For across-tasks sets (different tasks), it is hypothesized that:

  1. 3.

    Across AR task sets, students will gradually focus less on the illustration but have a continued focus on the formula, example, and question.

    • Argument: Since all AR-tasks have similar format, the students will learn which information will be most useful to solve the task type (even though the new task set includes new information and illustrations), and for each new task set, they will use the corresponding new solution method in formulaAR and exampleAR.

  2. 4.

    Across CMR task sets, students will gradually focus less on the formulaCMR and exampleCMR but have a continued focus on the illustration and question.

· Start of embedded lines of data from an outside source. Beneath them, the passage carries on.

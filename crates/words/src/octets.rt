//! Numbers, and octets as pairs of hexadecimal digits.

ghost use Rattle.std.specs.Prelude.{◌≡◌, ◌⊎◌, Ok, IfOk, IfErr};
ghost use Rattle.hex.specs.Hex.{decode_of};
ghost use Rattle.words.specs.Digits.{IsNumber, NoNumber, SaysOctets, NoOctets, NoPairs};
ghost use Rattle.words.specs.Says.{SaysSigned, SaysUnsigned};
ghost use Rattle.words.specs.Unsaid.{NoSigned, NoUnsigned};

use crate::unread::Unread;
use hex::FromHexError;
use std::alloc::Allocator;
use std::str::FromStr;
use tags::{Items, Octets};

/// The number that a word says in decimal digits, behind a `-` where its type has one.
///
/// # Errors
/// `Number` for any other word, and for a number out of the type's range.
pub fn parse_number<N: FromStr>(word: &str) -> Result<N, Unread>
where
    N::Err: Drop,
    ensures read { IfOk result (IsNumber N.from_str_gives word.now) }
    ensures refused { IfErr result (λ e. (e ≡ Unread.Number) × NoNumber N.from_str_gives word.now) }
{
    if word.starts_with('+') {
        return Err(Unread::Number);
    }
    match word.parse::<N>() {
        Ok(number) => Ok(number),
        Err(_) => Err(Unread::Number),
    }
}

/// A number of 8 bits.
pub(crate) fn parse_u8(word: &str) -> Result<u8, Unread>
    ensures read { IfOk result (SaysUnsigned 8 word.now) }
    ensures refused { IfErr result (λ e. (e ≡ Unread.Number) × NoUnsigned 8 word.now) }
{
    parse_number(word)
}

/// The number of 16 bits that a word says in decimal digits.
///
/// # Errors
/// `Number` for any other word.
pub fn parse_u16(word: &str) -> Result<u16, Unread>
    ensures read { IfOk result (SaysUnsigned 16 word.now) }
    ensures refused { IfErr result (λ e. (e ≡ Unread.Number) × NoUnsigned 16 word.now) }
{
    parse_number(word)
}

/// The number of 32 bits that a word says in decimal digits.
///
/// # Errors
/// `Number` for any other word.
pub fn parse_u32(word: &str) -> Result<u32, Unread>
    ensures read { IfOk result (SaysUnsigned 32 word.now) }
    ensures refused { IfErr result (λ e. (e ≡ Unread.Number) × NoUnsigned 32 word.now) }
{
    parse_number(word)
}

/// The number of 64 bits that a word says in decimal digits.
///
/// # Errors
/// `Number` for any other word.
pub fn parse_u64(word: &str) -> Result<u64, Unread>
    ensures read { IfOk result (SaysUnsigned 64 word.now) }
    ensures refused { IfErr result (λ e. (e ≡ Unread.Number) × NoUnsigned 64 word.now) }
{
    parse_number(word)
}

/// A signed number of 32 bits.
pub(crate) fn parse_i32(word: &str) -> Result<i32, Unread>
    ensures read { IfOk result (SaysSigned word.now) }
    ensures refused { IfErr result (λ e. (e ≡ Unread.Number) × NoSigned word.now) }
{
    parse_number(word)
}

/// The octets that a word spells as pairs of hexadecimal digits of either case; `-` is none.
///
/// # Errors
/// `Memory`, or `Octets` for any other word.
pub fn parse_octets<A: Allocator + Copy>(alloc: A, word: &str) -> Result<Octets<A>, Unread>
    ensures read { IfOk result (SaysOctets word.now) }
    ensures refused { IfErr result (λ e. (e ≡ Unread.Memory) ⊎ ((e ≡ Unread.Octets) × NoOctets word.now)) }
{
    match word {
        "-" => Ok(Items::new(alloc)),
        "" => Err(Unread::Octets),
        _ => decoded(alloc, word),
    }
}

/// The octets that pairs of digits spell.
fn decoded<A: Allocator + Copy>(alloc: A, word: &str) -> Result<Octets<A>, Unread>
    ensures read { IfOk result (λ octets. decode_of word.now ≡ Ok octets) }
    ensures refused { IfErr result (λ e. (e ≡ Unread.Memory) ⊎ ((e ≡ Unread.Octets) × NoPairs word.now)) }
{
    match hex::decode(alloc, word) {
        Ok(octets) => Ok(Items::from_vec(octets)),
        Err(FromHexError::OutOfMemory) => Err(Unread::Memory),
        Err(_) => Err(Unread::Octets),
    }
}
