//! What is printed of a capture: `explain FILE -> STATUS: LINES ! LINES`, as rows of the program's tools have it, and
//! with names `named FILE -> ..`.
//!
//! Each row runs again with each allocation refused in turn, where what was printed before is the beginning of what is
//! wanted, and with each prefix of the file and each of its octets changed, where the status is 0, or 1 for what is no
//! capture.

use capture_lines::explain_capture;
use rows_packets::octets_of;
use sheets::{Counts, Given, Row, Said, Stop, Trial, change_octets, differs, try_row};
use std::alloc::Global;
use words::Spelling;

/// What is printed on standard error where memory is refused.
const REFUSED: &[u8] = b"bacsite: refused 1 Memory\n";

/// What is printed on standard error of what is no capture.
const NO_CAPTURE: &[u8] = b"bacsite: capture\n";

/// Runs a row.
pub(crate) fn run(
    given: Given<'_>,
    spelling: Spelling,
    rows: &[Row<'_>],
    words: &str,
    wanted: &str,
) -> Result<Counts, Stop> {
    let file = octets_of(given.alloc, rows, words)?;
    let counts = try_row(
        given,
        &Explaining { spelling, wanted },
        file.as_slice(),
        wanted,
    )?;
    let changed = change_octets(given, &Changed { spelling }, file.as_slice())?;
    Ok(Counts { changed, ..counts })
}

/// What is printed of a file in memory that may be refused.
fn said(given: Given<'_>, spelling: Spelling, file: &[u8]) -> Said {
    let mut out = Vec::new(given.alloc);
    let mut err = Vec::new(given.alloc);
    let status = explain_capture(given.memory, spelling, file, &mut out, &mut err);
    Said { status, out, err }
}

/// A file as it stands, and what is wanted of it.
#[derive(Clone, Copy)]
struct Explaining<'t> {
    spelling: Spelling,
    wanted: &'t str,
}

impl<'a> Trial<'a> for Explaining<'_> {
    fn answer(&self, given: Given<'a>, octets: &[u8]) -> Result<String, Stop> {
        let said = said(given, self.spelling, octets);
        if said.err.as_slice() == REFUSED {
            return Err(self.refused(given.alloc, said)?);
        }
        said.in_words(given.alloc)
    }
}

impl Explaining<'_> {
    /// Why it stopped that was refused memory: want of memory where the status is 1, and the beginning of what is
    /// wanted was printed before.
    fn refused(&self, alloc: Global, said: Said) -> Result<Stop, Stop> {
        let Said { status, out, .. } = said;
        let before = Said {
            status: 0,
            out,
            err: Vec::new(alloc),
        };
        let words = before.in_words(alloc)?;
        if status == 1 && self.wanted.starts_with(words.as_str()) {
            return Ok(Stop::Memory);
        }
        Ok(differs(alloc, "another status or a text where memory was refused"))
    }
}

/// A file that is cut or changed.
#[derive(Clone, Copy)]
struct Changed {
    spelling: Spelling,
}

impl<'a> Trial<'a> for Changed {
    fn answer(&self, given: Given<'a>, octets: &[u8]) -> Result<String, Stop> {
        let said = said(given, self.spelling, octets);
        let is_capture = said.status == 0 && said.err.is_empty();
        let is_none = said.status == 1 && said.out.is_empty() && said.err.as_slice() == NO_CAPTURE;
        if !is_capture && !is_none {
            return Err(differs(given.alloc, "a status that does not go with the text"));
        }
        Ok(String::new(given.alloc))
    }
}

    • Argument: Since all CMR tasks have similar format, the students will learn that the formulaCMR and exampleCMR contain less useful information in this task type. They will, however, need to consider mathematical properties of the illustration to construct a new solution method for each new task set.

For the time-on-task analyses, it is hypothesized that:

  1. 5.

    Although students in both groups will consider all information in the first tasks of the first task sets, CMR tasks will take a longer time than AR tasks at the beginning of each task set.

    • Argument: The task format is new to the students, and they need to start by identifying which parts to use and how. It is generally quicker to use a provided method than to construct one.

  2. 6.

    Students who practice with CMR tasks decrease their time on task within a task- set, while students who practice with AR tasks do not display the same decrease.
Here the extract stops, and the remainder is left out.